Exercise objective — Give back exactly the line that contains "has two operands" and all the lines after it in the records below, to the very last, with no other output.

Supplied records —
◆ ◆ ◆ ◆
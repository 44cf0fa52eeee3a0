//! Columns that store each value once.
ghost use Rattle.std.specs.Prelude.{◌≡◌, ◌↔◌, IsTrue, length};
ghost use Rattle.vortex_arrays.specs.Words.{AnswersUnlessMemory, MadeWhere, AreRowsOf};
ghost use Rattle.vortex_arrays.specs.Words.{AllCoded, InvalidColumn, decoded};

mod codes;
mod inputs;
mod kernels;
mod push_down;

use crate::dictionary::codes::{Codes, are_below};
use crate::encoded::EncodedColumn;
use std::alloc::Global;
use std::marker::Model;
use vortex_columns::{Column, DType, ExecutionCtx, VortexError, VortexResult};

/// A column by its values and a code for each row, the index of the row's value. A null row has
/// the code of a null value.
///
/// Values without a code are allowed, and equal values too. The codes are stored as passed; after
/// `share` dictionaries share them.
#[derive(Drop)]
pub struct DictColumn {
    values: Column,
    codes: Codes,
}

impl Model for DictColumn {
    ghost use Rattle.vortex_arrays.specs.Dictionary.{DictView, coded_dict};
    ghost use Rattle.vortex_arrays.specs.Kept.{dict_view, IsDict};

    ghost Value = { DictView };

    ghost coded = { coded_dict };

    ghost view = { dict_view };

    ghost invariant = { IsDict };
}

impl DictColumn {
    /// The values, and for each row a code. E12 exactly where a code is not below the number of
    /// values. Allocates nothing.
    pub fn try_new(values: Column, codes: Vec<u32>) -> VortexResult<DictColumn>
        ensures { MadeWhere result
            (AreRowsOf values codes.items)
            (λ d. d ≡ record { values = values; codes = codes.items })
            InvalidColumn }
    {
        if !are_below(&codes, values.len()) {
            return Err(VortexError::InvalidColumn);
        }
        Ok(DictColumn {
            values,
            codes: Codes::Owned(codes),
        })
    }

    /// The same column, with shared codes: the result of `push_down` has them without a copy, and
    /// shares them too. Reads each code once, or none if they are shared already.
    pub fn share(self, alloc: Global) -> VortexResult<DictColumn>
        ensures { AnswersUnlessMemory result (λ d. d ≡ self) }
    {
        let DictColumn { values, codes } = self;
        let codes = codes.share(alloc, values.len())?;
        Ok(DictColumn { values, codes })
    }

    /// The values, borrowed.
    pub fn values(&self) -> &Column
        ensures { result.now ≡ self.now.values }
    {
        &self.values
    }

    /// For each row the index of its value, borrowed.
    pub fn codes(&self) -> &[u32]
        ensures codes { result.now ≡ self.now.codes }
        ensures below { AreRowsOf self.now.values self.now.codes }
    {
        self.codes.codes()
    }

    /// Whether each value has a code. Stored for shared codes.
    pub(crate) fn all_coded(&self, alloc: Global) -> VortexResult<bool>
        ensures { AnswersUnlessMemory result (λ b. IsTrue b ↔ AllCoded self.now) }
    {
        self.codes.all_coded(alloc, self.values.len())
    }

    /// The same codes over as many other values.
    pub(crate) fn with_values(&self, alloc: Global, values: Column) -> VortexResult<DictColumn>
        requires { length values.rows ≡ length self.now.values.rows }
        ensures { AnswersUnlessMemory result
            (λ d. d ≡ record { values = values; codes = self.now.codes }) }
    {
        Ok(DictColumn {
            values,
            codes: self.codes.try_clone(alloc)?,
        })
    }
}

impl EncodedColumn for DictColumn {
    ghost column = { decoded };

    fn dtype(&self) -> &DType {
        self.values.dtype()
    }

    fn len(&self) -> usize {
        self.codes().len()
    }

    fn decode(&self, ctx: &mut ExecutionCtx) -> VortexResult<Column> {
        self.values.take(self.codes(), ctx)
    }
}
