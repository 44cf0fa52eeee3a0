//! Laws of the meaning of array trees, and of push-down. The functions are empty: their contracts
//! are the laws, proved.
ghost use Rattle.vortex_arrays.specs.Words.{ArraysErrWhereArithmeticDoes};
ghost use Rattle.vortex_arrays.specs.Words.{ErrsWhereRowsFault, RowsAreOfRows};

use vortex_functions::ScalarFnVTable;

/// When executing an array fails: for an array tree of only shipped functions, `ArrayRef::execute`
/// fails, unless memory runs out, exactly where in some row a call of arithmetic has two operands
/// that are not null, whose exact result their type does not hold: an overflow, or a division by
/// zero. The error is E7 of such a call. It never fails over no rows.
pub fn arrays_err_where_arithmetic_does<C: ScalarFnVTable>()
    ensures { ArraysErrWhereArithmeticDoes C.meaning }
{}

/// The rows of a push-down's result are the function of the rows of the dictionary.
pub fn rows_are_of_rows<C: ScalarFnVTable>()
    ensures { RowsAreOfRows C.meaning }
{}

/// None, E3, E6 and E9 aside, a push-down fails exactly where the function of one of the rows
/// faults, and its error is the fault of a row.
pub fn errs_where_rows_fault<C: ScalarFnVTable>()
    ensures { ErrsWhereRowsFault C.meaning }
{}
◆ ◆ ◆ ◆
Answer to the exercise —
/// fails, unless memory runs out, exactly where in some row a call of arithmetic has two operands
/// that are not null, whose exact result their type does not hold: an overflow, or a division by
/// zero. The error is E7 of such a call. It never fails over no rows.
pub fn arrays_err_where_arithmetic_does<C: ScalarFnVTable>()
    ensures { ArraysErrWhereArithmeticDoes C.meaning }
{}

/// The rows of a push-down's result are the function of the rows of the dictionary.
pub fn rows_are_of_rows<C: ScalarFnVTable>()
    ensures { RowsAreOfRows C.meaning }
{}

/// None, E3, E6 and E9 aside, a push-down fails exactly where the function of one of the rows
/// faults, and its error is the fault of a row.
pub fn errs_where_rows_fault<C: ScalarFnVTable>()
    ensures { ErrsWhereRowsFault C.meaning }
{}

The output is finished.